__PROBLEM TO SOLVE__.
Tally every line in the entries below that holds "search", then give only the total.

** PROVIDED MATERIAL follows **

ghost use Rattle.std.specs.Prelude.{◌≡◌, ◌==◌, IfOk, OnErr, filter, map as map_list, not};
ghost use Rattle.std.specs.Bool.{OnTrue, OnFalse};
ghost use Rattle.std.specs.Option.{option_map};
ghost use Rattle.rk_world.specs.Gather as gathers;
ghost use Rattle.rk_world.specs.Merge as merging;
ghost use Rattle.rk_rebuild.specs.Counted.{IsCounted};
ghost use Rattle.rk_rebuild.specs.Lent.{lent};

use crate::member::{ReadLog, Reader, next_of};
use crate::merging::{Counted, counted_by, counted_of_all, is_of_lineage, lent_again};
use crate::reading::read;
use rk_entry::Entry;
use rk_types::{Listed, Member, NoMemory, Range};
use rk_world::{Merged, Reading};
use std::alloc::Global;
use std::marker::Model;

/// What a rebuild of a range gathers from the logs of a lineage. Contracts see what was read of each member but the
/// rebuilding master itself, segment by segment.
#[derive(Drop)]
pub struct Gather {
    range: Range,
    own: u8,
    lineage: Vec<Member>,
    logs: Vec<ReadLog>,
    readers: Vec<Reader>,
}

impl Model for Gather {
    ghost use Rattle.rk_world.specs.Gather as gathers;

    ghost Value = { gathers.Gather };

    ghost use Rattle.rk_rebuild.specs.Gathering.{gather_of, IsKept};

    ghost view = { gather_of };

    ghost invariant = { IsKept };
}

impl Gather {
    /// Nothing is gathered so far for this range, from the logs of this lineage, by the master `own`. A step for each
    /// member.
    pub fn new(
        alloc: Global,
        range: Range,
        lineage: Vec<Member>,
        own: u8,
    ) -> Result<Gather, NoMemory>
        ensures { IfOk result (λ gather. gather ≡ gathers.gather_begun range lineage.items own) }
    {
        Ok(Gather {
            range,
            own,
            readers: readers_of(alloc, lineage.as_slice(), own)?,
            logs: Vec::new(alloc),
            lineage,
        })
    }

    /// What is read next; none if all is gathered. A look at each member, and a search for a side segment.
    pub fn next(&self) -> Option<Reading>
        ensures { result ≡ gathers.next_reading self.now }
    {
        next_of(self.logs.as_slice(), self.readers.as_slice())
    }

    /// Takes what was read of a segment of a master, none if it was never written. False if it is not the segment that is
    /// read next: then nothing changes. After `NoMemory` nothing has changed; it comes too for the main segment of number
    /// 2^31. What [`Gather::next`] takes, and a step for each entry of the segment, or for each entry of the log if its
    /// main segments are passed by this.
    pub fn take(&mut self, master: u8, segment: u32, bytes: Option<&[u8]>) -> Result<bool, NoMemory>
        ensures awaited { IfOk result (λ taken. taken ≡ gathers.is_awaited (gathers.next_reading self.old) master segment) }
        ensures taken { IfOk result (λ taken. OnTrue taken
            (self.new ≡ gathers.gathering self.old master segment (option_map (λ b. b.now) bytes.entry))) }
        ensures refused { IfOk result (λ taken. OnFalse taken (self.new ≡ self.old)) }
        ensures err { OnErr result (self.new ≡ self.old) }
    {
        if !is_awaited(self.next(), master, segment) {
            return Ok(false);
        }
        let alloc = *self.lineage.allocator();
        read(
            alloc,
            &self.range,
            &mut self.logs,
            &mut self.readers,
            master,
            segment,
            bytes,
        )?;
        Ok(true)
    }

    /// What was gathered and counts, lent, member by member in the order of the lineage. It may come at any time, and is
    /// of all logs once [`Gather::next`] returns none. A step for each entry that was read.
    pub fn counted(&self) -> Result<Vec<&Entry>, NoMemory>
        ensures { IfOk result (λ entries. lent entries.items ≡ gathers.counted self.now) }
    {
        counted_of_all(
            *self.lineage.allocator(),
            &self.range,
            self.logs.as_slice(),
            self.readers.as_slice(),
        )
    }

    /// What a rebuild makes of the rebuilding master's own entries that count, and of what was gathered: copies of the
    /// newest items that the own entries lack, a floor, and the last end of each client. It may come at any time, and is
    /// of all logs once [`Gather::next`] returns none. `NoMemory` comes too if no number of 64 bits is above a version
    /// that counts.
    ///
    /// A search for each entry that was read and for each own one, a sort of the newest item of each key, and a step for
    /// each end that is recorded; of the entries the copies alone are duplicated.
    pub fn merge(&self, own: &[&Entry]) -> Result<Merged, NoMemory>
        ensures { IfOk result (λ merged. merged ≡ merging.merge (lent own.now) (gathers.by_member self.now (lent own.now))) }
    {
        let alloc = *self.lineage.allocator();
        let counted = self.by_member(own)?;
        counted.merge(alloc, own)
    }

    // What counts of each member, in the order of the lineage; the own entries of a master outside it come last.
    fn by_member<'a>(&'a self, own: &[&'a Entry]) -> Result<Counted<'a>, NoMemory>
        ensures { IfOk result (λ counted. IsCounted counted (gathers.by_member self.now (lent own.now))) }
    {
        let alloc = *self.lineage.allocator();
        let lineage = self.lineage.as_slice();
        let mut counted = counted_members(alloc, self, lineage, own)?;
        if !is_of_lineage(lineage, self.own) {
            counted.add(alloc, own)?;
        }
        Ok(counted)
    }

    // What counts of one member: of the rebuilding master its own entries, and of another one what was read.
    fn material_by<'a>(
        &'a self,
        alloc: Global,
        own: &[&'a Entry],
        master: u8,
    ) -> Result<Vec<&'a Entry>, NoMemory>
        ensures { IfOk result (λ entries. lent entries.items ≡ gathers.material_by self.now (lent own.now) master) }
    {
        if master == self.own {
            return lent_again(alloc, own);
        }
        counted_by(
            alloc,
            &self.range,
            self.logs.as_slice(),
            self.readers.as_slice(),
            master,
        )
    }
}

// What counts of each of these members.
fn counted_members<'a>(
    alloc: Global,
    gather: &'a Gather,
    lineage: &[Member],
    own: &[&'a Entry],
) -> Result<Counted<'a>, NoMemory>
    ensures { IfOk result (λ counted. IsCounted counted
        (map_list (λ member. gathers.material_by gather.now (lent own.now) member.master) lineage.now)) }
{
    let mut counted = Counted::new(alloc);
    for member in lineage {
        let entries = gather.material_by(alloc, own, member.master)?;
        counted.add(alloc, entries.as_slice())?;
    }
    Ok(counted)
}

// Whether the segment of a master is read next.
fn is_awaited(next: Option<Reading>, master: u8, segment: u32) -> bool
    ensures { result ≡ gathers.is_awaited next master segment }
{
    match next {
        Some(reading) => reading.master == master && reading.segment == segment,
        None => false,
    }
}

// A reader for each member of a lineage but the rebuilding master itself.
fn readers_of(alloc: Global, lineage: &[Member], own: u8) -> Result<Vec<Reader>, NoMemory>
    ensures { IfOk result (λ readers. map_list (λ reader. reader.member) readers.items
        ≡ filter (λ member. not (member.master == own)) lineage.now) }
{
    let mut readers = Vec::new(alloc);
    for member in lineage {
        if member.master != own {
            readers.push(Reader {
                member: *member,
                named: Listed::new(alloc),
                done: 0,
            })?;
        }
    }
    Ok(readers)
}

** End of PROVIDED MATERIAL **

__YOUR SOLUTION__.
2